21 Cornelis Dusart, Country Inn, 1690, Amsterdam, Rijksmuseum, inv. no. SK-A-100; Aanwijzing 1853, p. 9, no. 73, Dusart (Cornelis), De Binnenplaats van een Boerenherberg (The Courtyard of a Farmers' Inn) (tax.: fl. 1,500); Amsterdam 1858, p. 34-35, no. 76, as incorrectly coming from the Van Heteren Gevers collection.
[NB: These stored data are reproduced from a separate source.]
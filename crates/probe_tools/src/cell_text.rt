use crate::fault::ToolFault;
use cell_device::MemoryCell;
use records::{Owner, Record, header};
use site::Site;
use std::alloc::Global;

/// The bytes of the site's cell, by its records; none of its calls has failed.
pub(crate) fn text_of(alloc: Global, site: &Site<MemoryCell>) -> Result<Vec<u8>, ToolFault> {
    let owner = Owner {
        members: site.members(),
        site: site.number(),
    };
    let mut text = header(alloc, &owner)?;
    match push_records(alloc, site.records(), &mut text) {
        Ok(()) => Ok(text),
        Err(fault) => Err(fault),
    }
}

fn push_records(alloc: Global, records: &[Record], text: &mut Vec<u8>) -> Result<(), ToolFault> {
    for record in records {
        text.extend_from_slice(record.to_bytes(alloc)?.as_slice())?;
    }
    Ok(())
}
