//! What a call of a batch answers.

use crate::answer::{Answer, Reply};
use crate::fault::SiteFault;

/// What a call, or a query, of a batch answers. `Batch::sync` hands it out.
#[derive(Debug, Drop)]
pub enum SealedAnswer {
    /// A call's answer, as the site's call of the same name gives it.
    Called(Result<Answer, SiteFault>),
    /// The reply to a query.
    Replied(Result<Reply, SiteFault>),
}
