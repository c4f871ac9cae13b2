//! How each command is typed.

/// How a command is typed.
#[derive(Clone, Copy, Debug)]
pub(crate) struct Usage {
    pub(crate) command: &'static str,
    /// What one types, a form a line, each after the first below it.
    pub(crate) forms: &'static str,
    /// What clap calls missing where nothing of several things is given.
    pub(crate) missing: &'static str,
    /// All of these, of which one is enough.
    pub(crate) choices: &'static str,
    /// The names of its options that take a value, a blank between two, and of all others.
    pub(crate) valued: &'static str,
    pub(crate) flags: &'static str,
}

impl Usage {
    /// Whether the command has an option of this name, which is without its hyphens.
    pub(crate) fn has_option(&self, name: &str) -> bool {
        self.takes_value(name) || has_word(self.flags, name)
    }

    /// The name of its one option that begins with this letter, if there is just one.
    pub(crate) fn option_of_letter(&self, letter: &str) -> Option<&'static str> {
        if letter.len() != 1 {
            return None;
        }
        let mut names = self
            .valued
            .split(' ')
            .chain(self.flags.split(' '))
            .filter(|name| name.starts_with(letter));
        match (names.next(), names.next()) {
            (Some(name), None) => Some(name),
            _ => None,
        }
    }

    /// Whether it has one that takes a value.
    pub(crate) fn takes_value(&self, name: &str) -> bool {
        has_word(self.valued, name)
    }
}

/// What one types before a command is named.
pub(crate) const ANY: &str = "bagpaxos <COMMAND> [ARGUMENTS]

Commands: audit, catch-up, check, journal, ledger, members, run, send, site,
          status, help";

/// No argument is one of several.
const NONE: &str = "";

static USAGES: [Usage; 10] = [
    Usage {
        command: "audit",
        forms: "bagpaxos audit [OPTIONS] --members <FILE> <CELL>...",
        missing: NONE,
        choices: NONE,
        valued: "members",
        flags: "json words",
    },
    Usage {
        command: "catch-up",
        forms: "bagpaxos catch-up [OPTIONS] --members <FILE> --to <N> <FILE>...",
        missing: NONE,
        choices: NONE,
        valued: "for key members to wait",
        flags: "json words",
    },
    Usage {
        command: "check",
        forms: "bagpaxos check [OPTIONS] <FOLDER>...
       bagpaxos check [OPTIONS] --from <FILE>
       bagpaxos check [OPTIONS] --from0 <FILE>",
        missing: "  <FOLDER>...",
        choices: "  <FOLDER>..., --from <FILE> or --from0 <FILE>",
        valued: "from from0 registered",
        flags: "complete deposits explain json named progress quiet versions words",
    },
    Usage {
        command: "journal",
        forms: "bagpaxos journal [OPTIONS] <CELL>",
        missing: NONE,
        choices: NONE,
        valued: NONE,
        flags: "json words",
    },
    Usage {
        command: "ledger",
        forms: "bagpaxos ledger [OPTIONS] <CELL>",
        missing: NONE,
        choices: NONE,
        valued: NONE,
        flags: "json known pending words",
    },
    Usage {
        command: "members",
        forms: "bagpaxos members [--json] [--words] [--listed] <FILE>
       bagpaxos members --new <PLACE>...
       bagpaxos members [--json] [--words] --key <FILE>
       bagpaxos members [--json] [--words] --new-key <FILE>",
        missing: "  <FILE>",
        choices: "  <FILE>, --new <PLACE>..., --key <FILE> or --new-key <FILE>",
        valued: "key new new-key",
        flags: "json listed words",
    },
    Usage {
        command: "run",
        forms: "bagpaxos run [OPTIONS] [FILE]",
        missing: NONE,
        choices: NONE,
        valued: "draw",
        flags: "identities sent words",
    },
    Usage {
        command: "send",
        forms: "bagpaxos send [OPTIONS] --members <FILE> --to <N> --wait <MS>
                     <OBJ> <V> [PATH]
       bagpaxos send [OPTIONS] --members <FILE> --to <N> --wait <MS>
                     --deposits <FILE>",
        missing: NONE,
        choices: NONE,
        valued: "deposits key members to until-known wait",
        flags: "words",
    },
    Usage {
        command: "site",
        forms: "bagpaxos site [OPTIONS] --members <FILE> --number <N> --cell <FILE>
                     --wait <MS> (--forever | --turns <T>)",
        missing: "  --turns <T>",
        choices: "  --forever or --turns <T>",
        valued: "bags cell key listen log members most-bytes number turns wait wait-most",
        flags: "existing forever listed quiet words",
    },
    Usage {
        command: "status",
        forms: "bagpaxos status [OPTIONS] --members <FILE> [FILE]...",
        missing: NONE,
        choices: NONE,
        valued: "key members wait watch",
        flags: "json words",
    },
];

/// How the command of this name is typed; none where there is no such command.
pub(crate) fn usage_of(command: &str) -> Option<&'static Usage> {
    USAGES.iter().find(|usage| usage.command == command)
}

/// Whether any command has an option of this name, which is without its hyphens.
pub(crate) fn is_any_option(name: &str) -> bool {
    USAGES.iter().any(|usage| usage.has_option(name))
}

// Whether this is one of the words, of which a blank is between two.
fn has_word(words: &str, word: &str) -> bool {
    !word.is_empty() && words.split(' ').any(|it| it == word)
}
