use bag_tree::TreeFault;
use fed_types::TypeFault;
use hex::FromHexError;
use std::alloc::AllocError;
use std::io;
use thiserror::Error;

/// Why a script has no answers, or a measure no figures.
#[derive(Clone, Copy, Debug, PartialEq, Eq, Error)]
pub enum ToolFault {
    /// A line that a script can't have, or that names what there isn't.
    #[error("a line that the script can't have")]
    Line,
    /// The clock couldn't be read.
    #[error("no clock")]
    Clock,
    /// An allocation failed.
    #[error("memory")]
    Memory,
    /// A call found no memory, and changed nothing.
    #[error("a call without memory")]
    Unchanged,
    /// A call that found no memory changed what a query, the records or the cell show, or found
    /// none again; or a call that is timed was refused.
    #[error("a wrong answer")]
    Wrong,
}

impl From<AllocError> for ToolFault {
    fn from(_e: AllocError) -> ToolFault {
        ToolFault::Memory
    }
}

impl From<io::Error> for ToolFault {
    fn from(_e: io::Error) -> ToolFault {
        ToolFault::Clock
    }
}

impl From<TypeFault> for ToolFault {
    fn from(_e: TypeFault) -> ToolFault {
        ToolFault::Line
    }
}

impl From<FromHexError> for ToolFault {
    fn from(e: FromHexError) -> ToolFault {
        match e {
            FromHexError::OutOfMemory => ToolFault::Memory,
            _ => ToolFault::Line,
        }
    }
}

impl From<TreeFault> for ToolFault {
    fn from(e: TreeFault) -> ToolFault {
        match e {
            TreeFault::Memory => ToolFault::Memory,
            _ => ToolFault::Line,
        }
    }
}
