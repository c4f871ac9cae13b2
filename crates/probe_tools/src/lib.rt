//! Tools of the tests and benches, beside the crate `site`. A script calls the sites of a
//! federation one by one, each over a cell in memory, and hands their datagrams on; and the calls
//! of one site are timed. They are proved safe and have no clauses: what they print is compared.
//!
//! ```
//! let script = input(rt)?;
//! Ok(probe_tools::answers(rt.alloc(), script.as_str(), tries)?)
//! ```
#![tactic(auto)]

mod answer_text;
mod call;
mod calls;
mod cell_text;
mod fault;
mod federation;
mod kind;
mod output;
mod place;
mod push;
mod script;
mod times;
mod tree;
mod words;

pub use call::Tries;
pub use fault::ToolFault;
pub use script::answers;
pub use times::arrivals_text;
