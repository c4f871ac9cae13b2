//! Options that were typed with another dash than two hyphens, as a word processor makes one of
//! them.

use crate::usage::{Usage, usage_of};
use code_words::push_name;
use std::alloc::AllocError;

/// The dashes that a word processor writes in place of hyphens: U+2013 and U+2014.
const DASHES: [char; 2] = ['\u{2013}', '\u{2014}'];

/// Says on standard error which words of a command were taken for names, and are its options but
/// for such a dash. The first word is the program's own name.
pub(crate) fn say_dashes(rt: &HostRuntime, words: &[String]) {
    let [_, command, rest @ ..] = words else {
        return;
    };
    let Some(usage) = usage_of(command.as_str()) else {
        return;
    };
    for word in rest {
        let word = word.as_str();
        if word == "--" {
            return;
        }
        if let Some(option) = dashed_option(usage, word) {
            let _ = say_dash(rt, word, option);
        }
    }
}

fn say_dash(rt: &HostRuntime, word: &str, option: &str) -> Result<(), AllocError> {
    let mut name = String::new(rt.alloc());
    push_name(&mut name, word)?;
    let _ = eprintln!(rt; "note: {name} is taken for a name; write --{option}");
    Ok(())
}

/// The option of the command that this word is but for such a dash.
pub(crate) fn dashed_option<'a>(usage: &Usage, word: &'a str) -> Option<&'a str> {
    let name = word.strip_prefix(DASHES)?.trim_start_matches(DASHES);
    if usage.has_option(name) {
        Some(name)
    } else {
        None
    }
}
The painting is first mentioned on 2 august 1808, when it was received at the Royal Palace in Amsterdam from The Hague (Moes/Van Biema 1909, p. 116, no. 8). It is unknown how it was acquired.

22 Attributed to Willem de Poorter, A Scholar in his Study, c. 1642-1650, Amsterdam, Rijksmuseum, inv. no. SK-A-23; Aanwijzing 1853, p. 5, no. 16, Bega (Cornelis), Een oud Man, zittende in een studeervertrek (An Old Man, Sitting in a Study) (tax.: fl. 2,000); Amsterdam 1858, p. 7-8, no. 16, as by Cornelis Bega.

23 Cornelis Bega, Peasants making Music and Dancing, c. 1650-1664, Amsterdam, Rijksmuseum, inv. no. SK-A-24; Aanwijzing 1853, p. 5, no. 17, Bega (Cornelis), Een Boeren-Gezelschap (A Peasant Company) (tax.: fl. 1,500); Amsterdam 1858, p. 8, no. 17.